What is required >>
All of the entries below are to be copied without any alteration.

Input data >>
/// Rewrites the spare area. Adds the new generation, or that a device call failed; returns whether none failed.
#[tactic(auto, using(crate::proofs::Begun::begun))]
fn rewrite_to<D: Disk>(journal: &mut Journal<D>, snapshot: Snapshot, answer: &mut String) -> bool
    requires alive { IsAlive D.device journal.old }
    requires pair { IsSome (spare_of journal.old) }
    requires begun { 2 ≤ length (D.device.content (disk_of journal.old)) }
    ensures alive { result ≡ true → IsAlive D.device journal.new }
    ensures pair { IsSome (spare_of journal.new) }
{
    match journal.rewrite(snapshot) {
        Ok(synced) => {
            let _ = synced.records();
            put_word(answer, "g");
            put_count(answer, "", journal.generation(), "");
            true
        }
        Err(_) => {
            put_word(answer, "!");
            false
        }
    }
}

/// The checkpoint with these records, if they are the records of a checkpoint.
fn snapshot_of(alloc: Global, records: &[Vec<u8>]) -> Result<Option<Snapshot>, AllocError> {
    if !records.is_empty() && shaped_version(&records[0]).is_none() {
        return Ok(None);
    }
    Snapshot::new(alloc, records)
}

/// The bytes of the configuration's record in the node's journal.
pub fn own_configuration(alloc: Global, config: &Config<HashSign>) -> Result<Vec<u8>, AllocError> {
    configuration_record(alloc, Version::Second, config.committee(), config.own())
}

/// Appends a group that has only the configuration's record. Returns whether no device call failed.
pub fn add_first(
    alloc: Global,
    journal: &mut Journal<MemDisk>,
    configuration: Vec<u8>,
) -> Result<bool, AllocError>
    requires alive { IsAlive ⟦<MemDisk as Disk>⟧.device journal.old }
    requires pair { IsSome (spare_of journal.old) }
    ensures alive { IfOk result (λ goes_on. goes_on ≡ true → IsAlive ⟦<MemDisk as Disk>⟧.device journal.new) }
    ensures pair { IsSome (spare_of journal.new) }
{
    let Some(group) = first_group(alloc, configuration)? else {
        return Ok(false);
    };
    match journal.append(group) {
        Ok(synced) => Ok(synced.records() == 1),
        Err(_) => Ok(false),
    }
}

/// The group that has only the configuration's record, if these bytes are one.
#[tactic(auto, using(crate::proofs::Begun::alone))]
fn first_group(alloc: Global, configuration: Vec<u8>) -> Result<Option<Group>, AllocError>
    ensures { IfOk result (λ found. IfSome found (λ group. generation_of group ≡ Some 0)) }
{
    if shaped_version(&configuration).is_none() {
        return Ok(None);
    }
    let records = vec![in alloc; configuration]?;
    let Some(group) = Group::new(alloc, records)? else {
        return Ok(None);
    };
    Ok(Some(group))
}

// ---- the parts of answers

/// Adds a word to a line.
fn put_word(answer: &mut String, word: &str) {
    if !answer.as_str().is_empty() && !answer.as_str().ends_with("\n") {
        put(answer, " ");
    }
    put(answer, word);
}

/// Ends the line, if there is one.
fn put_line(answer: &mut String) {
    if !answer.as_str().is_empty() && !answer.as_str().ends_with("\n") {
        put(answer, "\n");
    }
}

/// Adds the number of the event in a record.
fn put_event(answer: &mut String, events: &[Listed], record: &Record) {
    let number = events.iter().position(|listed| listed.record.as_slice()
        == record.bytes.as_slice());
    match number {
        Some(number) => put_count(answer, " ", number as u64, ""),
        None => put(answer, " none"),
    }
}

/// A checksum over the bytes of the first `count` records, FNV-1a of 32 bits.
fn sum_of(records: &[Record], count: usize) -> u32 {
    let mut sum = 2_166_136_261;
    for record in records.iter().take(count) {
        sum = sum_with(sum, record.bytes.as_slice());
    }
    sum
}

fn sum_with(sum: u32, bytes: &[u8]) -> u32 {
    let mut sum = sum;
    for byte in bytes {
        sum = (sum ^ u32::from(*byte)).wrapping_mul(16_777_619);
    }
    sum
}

Answer to this task >>
/// Rewrites the spare area. Adds the new generation, or that a device call failed; returns whether none failed.
#[tactic(auto, using(crate::proofs::Begun::begun))]
fn rewrite_to<D: Disk>(journal: &mut Journal<D>, snapshot: Snapshot, answer: &mut String) -> bool
    requires alive { IsAlive D.device journal.old }
    requires pair { IsSome (spare_of journal.old) }
    requires begun { 2 ≤ length (D.device.content (disk_of journal.old)) }
    ensures alive { result ≡ true → IsAlive D.device journal.new }
    ensures pair { IsSome (spare_of journal.new) }
{
    match journal.rewrite(snapshot) {
        Ok(synced) => {
            let _ = synced.records();
            put_word(answer, "g");
            put_count(answer, "", journal.generation(), "");
            true
        }
        Err(_) => {
            put_word(answer, "!");
            false
        }
    }
}

/// The checkpoint with these records, if they are the records of a checkpoint.
fn snapshot_of(alloc: Global, records: &[Vec<u8>]) -> Result<Option<Snapshot>, AllocError> {
    if !records.is_empty() && shaped_version(&records[0]).is_none() {
        return Ok(None);
    }
    Snapshot::new(alloc, records)
}

/// The bytes of the configuration's record in the node's journal.
pub fn own_configuration(alloc: Global, config: &Config<HashSign>) -> Result<Vec<u8>, AllocError> {
    configuration_record(alloc, Version::Second, config.committee(), config.own())
}

/// Appends a group that has only the configuration's record. Returns whether no device call failed.
pub fn add_first(
    alloc: Global,
    journal: &mut Journal<MemDisk>,
    configuration: Vec<u8>,
) -> Result<bool, AllocError>
    requires alive { IsAlive ⟦<MemDisk as Disk>⟧.device journal.old }
    requires pair { IsSome (spare_of journal.old) }
    ensures alive { IfOk result (λ goes_on. goes_on ≡ true → IsAlive ⟦<MemDisk as Disk>⟧.device journal.new) }
    ensures pair { IsSome (spare_of journal.new) }
{
    let Some(group) = first_group(alloc, configuration)? else {
        return Ok(false);
    };
    match journal.append(group) {
        Ok(synced) => Ok(synced.records() == 1),
        Err(_) => Ok(false),
    }
}

/// The group that has only the configuration's record, if these bytes are one.
#[tactic(auto, using(crate::proofs::Begun::alone))]
fn first_group(alloc: Global, configuration: Vec<u8>) -> Result<Option<Group>, AllocError>
    ensures { IfOk result (λ found. IfSome found (λ group. generation_of group ≡ Some 0)) }
{
    if shaped_version(&configuration).is_none() {
        return Ok(None);
    }
    let records = vec![in alloc; configuration]?;
    let Some(group) = Group::new(alloc, records)? else {
        return Ok(None);
    };
    Ok(Some(group))
}

// ---- the parts of answers

/// Adds a word to a line.
fn put_word(answer: &mut String, word: &str) {
    if !answer.as_str().is_empty() && !answer.as_str().ends_with("\n") {
        put(answer, " ");
    }
    put(answer, word);
}

/// Ends the line, if there is one.
fn put_line(answer: &mut String) {
    if !answer.as_str().is_empty() && !answer.as_str().ends_with("\n") {
        put(answer, "\n");
    }
}

/// Adds the number of the event in a record.
fn put_event(answer: &mut String, events: &[Listed], record: &Record) {
    let number = events.iter().position(|listed| listed.record.as_slice()
        == record.bytes.as_slice());
    match number {
        Some(number) => put_count(answer, " ", number as u64, ""),
        None => put(answer, " none"),
    }
}

/// A checksum over the bytes of the first `count` records, FNV-1a of 32 bits.
fn sum_of(records: &[Record], count: usize) -> u32 {
    let mut sum = 2_166_136_261;
    for record in records.iter().take(count) {
        sum = sum_with(sum, record.bytes.as_slice());
    }
    sum
}

fn sum_with(sum: u32, bytes: &[u8]) -> u32 {
    let mut sum = sum;
    for byte in bytes {
        sum = (sum ^ u32::from(*byte)).wrapping_mul(16_777_619);
    }
    sum
}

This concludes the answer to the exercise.